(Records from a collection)
==============================

//! What is to blame in events, and in sets of them.

ghost use Rattle.std.specs.Prelude.{◌≡◌};
ghost use Rattle.theory_syntax.specs.Process.{Enumeration, Productions};
ghost use Rattle.theory_semantics.specs.Meaning.Events.{field_sets};
ghost use Rattle.theory_faults.specs.Culprit.{first_found, over_sets};
ghost use Rattle.theory_faults.specs.Events.{beginning_culprit, count_misfit, event_culprit, event_set_culprit};
ghost use Rattle.csp_events.specs.Events.{event_expression_of, event_expressions_of, event_set_of};
ghost use Rattle.csp_term.specs.Script.{script_of_parts};
ghost use Rattle.csp_faults.specs.Culprit.{Finds, found_of};

use crate::culprit::{Culprit, Owner};
use crate::declared::channel_sets;
use crate::expressions::given_culprit;
use csp_events::{EventExpression, EventSet};
use csp_term::{AllocHandle, Memory, ScriptParts};

/// What is to blame in the set. `Memory` says nothing of it.
#[cycle(event_set)]
pub(crate) fn event_set_culprit<A: AllocHandle>(
    alloc: A,
    script: &ScriptParts<A>,
    set: &EventSet<A>,
) -> Result<Option<Culprit<A>>, Memory>
    ensures { Finds result (event_set_culprit (script_of_parts script.now) (event_set_of set.now)) }
{
    match set {
        EventSet::Enumeration(events) => enumeration_culprit(alloc, script, events),
        EventSet::Productions(beginnings) => productions_culprit(alloc, script, beginnings),
        EventSet::Combine(_, left, right) => {
            let found = event_set_culprit(alloc, script, left)?;
            match found {
                Some(culprit) => Ok(Some(culprit)),
                None => event_set_culprit(alloc, script, right),
            }
        }
    }
}

/// What is to blame in the first of the events in which something is.
fn enumeration_culprit<A: AllocHandle>(
    alloc: A,
    script: &ScriptParts<A>,
    events: &[EventExpression<A>],
) -> Result<Option<Culprit<A>>, Memory>
    ensures { Finds result (event_set_culprit (script_of_parts script.now)
        (Enumeration (event_expressions_of events.now))) }
{
    for event in events {
        let found = event_culprit(alloc, script, event)?;
        if found.is_some() {
            return Ok(found);
        }
    }
    Ok(None)
}

/// What is to blame in the first of the beginnings of events in which something is.
fn productions_culprit<A: AllocHandle>(
    alloc: A,
    script: &ScriptParts<A>,
    beginnings: &[EventExpression<A>],
) -> Result<Option<Culprit<A>>, Memory>
    ensures { Finds result (event_set_culprit (script_of_parts script.now)
        (Productions (event_expressions_of beginnings.now))) }
{
    for beginning in beginnings {
        let found = beginning_culprit(alloc, script, beginning)?;
        if found.is_some() {
            return Ok(found);
        }
    }
    Ok(None)
}

/// What is to blame in the event.
pub(crate) fn event_culprit<A: AllocHandle>(
    alloc: A,
    script: &ScriptParts<A>,
    event: &EventExpression<A>,
) -> Result<Option<Culprit<A>>, Memory>
    ensures { Finds result (event_culprit (script_of_parts script.now)
        (event_expression_of event.now)) }
{
    let found = beginning_culprit(alloc, script, event)?;
    if found.is_some() {
        return Ok(found);
    }
    Ok(count_misfit(script, event))
}

/// What is to blame in the first fields of an event.
fn beginning_culprit<A: AllocHandle>(
    alloc: A,
    script: &ScriptParts<A>,
    beginning: &EventExpression<A>,
) -> Result<Option<Culprit<A>>, Memory>
    ensures { Finds result (beginning_culprit (script_of_parts script.now)
        (event_expression_of beginning.now)) }
{
    let channel = beginning.channel;
    match channel_sets(script, channel) {
        Some(sets) => {
            let owner = Owner::Channel(channel);
            given_culprit(alloc, &script.types, owner, &beginning.fields, sets)
        }
        None => Ok(Some(Culprit::Misfit)),
    }
}

/// That the event has another number of fields than its channel.
fn count_misfit<A: AllocHandle>(
    script: &ScriptParts<A>,
    event: &EventExpression<A>,
) -> Option<Culprit<A>>
    ensures { found_of result
        ≡ over_sets (field_sets (script_of_parts script.now) event.now.channel.0)
        (count_misfit (event_expression_of event.now)) }
{
    let Some(sets) = channel_sets(script, event.channel) else {
        return Some(Culprit::Misfit);
    };
    if event.fields.len() == sets.len() {
        None
    } else {
        Some(Culprit::Misfit)
    }
}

==============================

◆ Task item ◆
Transcribe the data above in full, keeping every word as it is.

◆ Response below ◆
//! What is to blame in events, and in sets of them.

ghost use Rattle.std.specs.Prelude.{◌≡◌};
ghost use Rattle.theory_syntax.specs.Process.{Enumeration, Productions};
ghost use Rattle.theory_semantics.specs.Meaning.Events.{field_sets};
ghost use Rattle.theory_faults.specs.Culprit.{first_found, over_sets};
ghost use Rattle.theory_faults.specs.Events.{beginning_culprit, count_misfit, event_culprit, event_set_culprit};
ghost use Rattle.csp_events.specs.Events.{event_expression_of, event_expressions_of, event_set_of};
ghost use Rattle.csp_term.specs.Script.{script_of_parts};
ghost use Rattle.csp_faults.specs.Culprit.{Finds, found_of};

use crate::culprit::{Culprit, Owner};
use crate::declared::channel_sets;
use crate::expressions::given_culprit;
use csp_events::{EventExpression, EventSet};
use csp_term::{AllocHandle, Memory, ScriptParts};

/// What is to blame in the set. `Memory` says nothing of it.
#[cycle(event_set)]
pub(crate) fn event_set_culprit<A: AllocHandle>(
    alloc: A,
    script: &ScriptParts<A>,
    set: &EventSet<A>,
) -> Result<Option<Culprit<A>>, Memory>
    ensures { Finds result (event_set_culprit (script_of_parts script.now) (event_set_of set.now)) }
{
    match set {
        EventSet::Enumeration(events) => enumeration_culprit(alloc, script, events),
        EventSet::Productions(beginnings) => productions_culprit(alloc, script, beginnings),
        EventSet::Combine(_, left, right) => {
            let found = event_set_culprit(alloc, script, left)?;
            match found {
                Some(culprit) => Ok(Some(culprit)),
                None => event_set_culprit(alloc, script, right),
            }
        }
    }
}

/// What is to blame in the first of the events in which something is.
fn enumeration_culprit<A: AllocHandle>(
    alloc: A,
    script: &ScriptParts<A>,
    events: &[EventExpression<A>],
) -> Result<Option<Culprit<A>>, Memory>
    ensures { Finds result (event_set_culprit (script_of_parts script.now)
        (Enumeration (event_expressions_of events.now))) }
{
    for event in events {
        let found = event_culprit(alloc, script, event)?;
        if found.is_some() {
            return Ok(found);
        }
    }
    Ok(None)
}

/// What is to blame in the first of the beginnings of events in which something is.
fn productions_culprit<A: AllocHandle>(
    alloc: A,
    script: &ScriptParts<A>,
    beginnings: &[EventExpression<A>],
) -> Result<Option<Culprit<A>>, Memory>
    ensures { Finds result (event_set_culprit (script_of_parts script.now)
        (Productions (event_expressions_of beginnings.now))) }
{
    for beginning in beginnings {
        let found = beginning_culprit(alloc, script, beginning)?;
        if found.is_some() {
            return Ok(found);
        }
    }
    Ok(None)
}

/// What is to blame in the event.
pub(crate) fn event_culprit<A: AllocHandle>(
    alloc: A,
    script: &ScriptParts<A>,
    event: &EventExpression<A>,
) -> Result<Option<Culprit<A>>, Memory>
    ensures { Finds result (event_culprit (script_of_parts script.now)
        (event_expression_of event.now)) }
{
    let found = beginning_culprit(alloc, script, event)?;
    if found.is_some() {
        return Ok(found);
    }
    Ok(count_misfit(script, event))
}

/// What is to blame in the first fields of an event.
fn beginning_culprit<A: AllocHandle>(
    alloc: A,
    script: &ScriptParts<A>,
    beginning: &EventExpression<A>,
) -> Result<Option<Culprit<A>>, Memory>
    ensures { Finds result (beginning_culprit (script_of_parts script.now)
        (event_expression_of beginning.now)) }
{
    let channel = beginning.channel;
    match channel_sets(script, channel) {
        Some(sets) => {
            let owner = Owner::Channel(channel);
            given_culprit(alloc, &script.types, owner, &beginning.fields, sets)
        }
        None => Ok(Some(Culprit::Misfit)),
    }
}

/// That the event has another number of fields than its channel.
fn count_misfit<A: AllocHandle>(
    script: &ScriptParts<A>,
    event: &EventExpression<A>,
) -> Option<Culprit<A>>
    ensures { found_of result
        ≡ over_sets (field_sets (script_of_parts script.now) event.now.channel.0)
        (count_misfit (event_expression_of event.now)) }
{
    let Some(sets) = channel_sets(script, event.channel) else {
        return Some(Culprit::Misfit);
    };
    if event.fields.len() == sets.len() {
        None
    } else {
        Some(Culprit::Misfit)
    }
}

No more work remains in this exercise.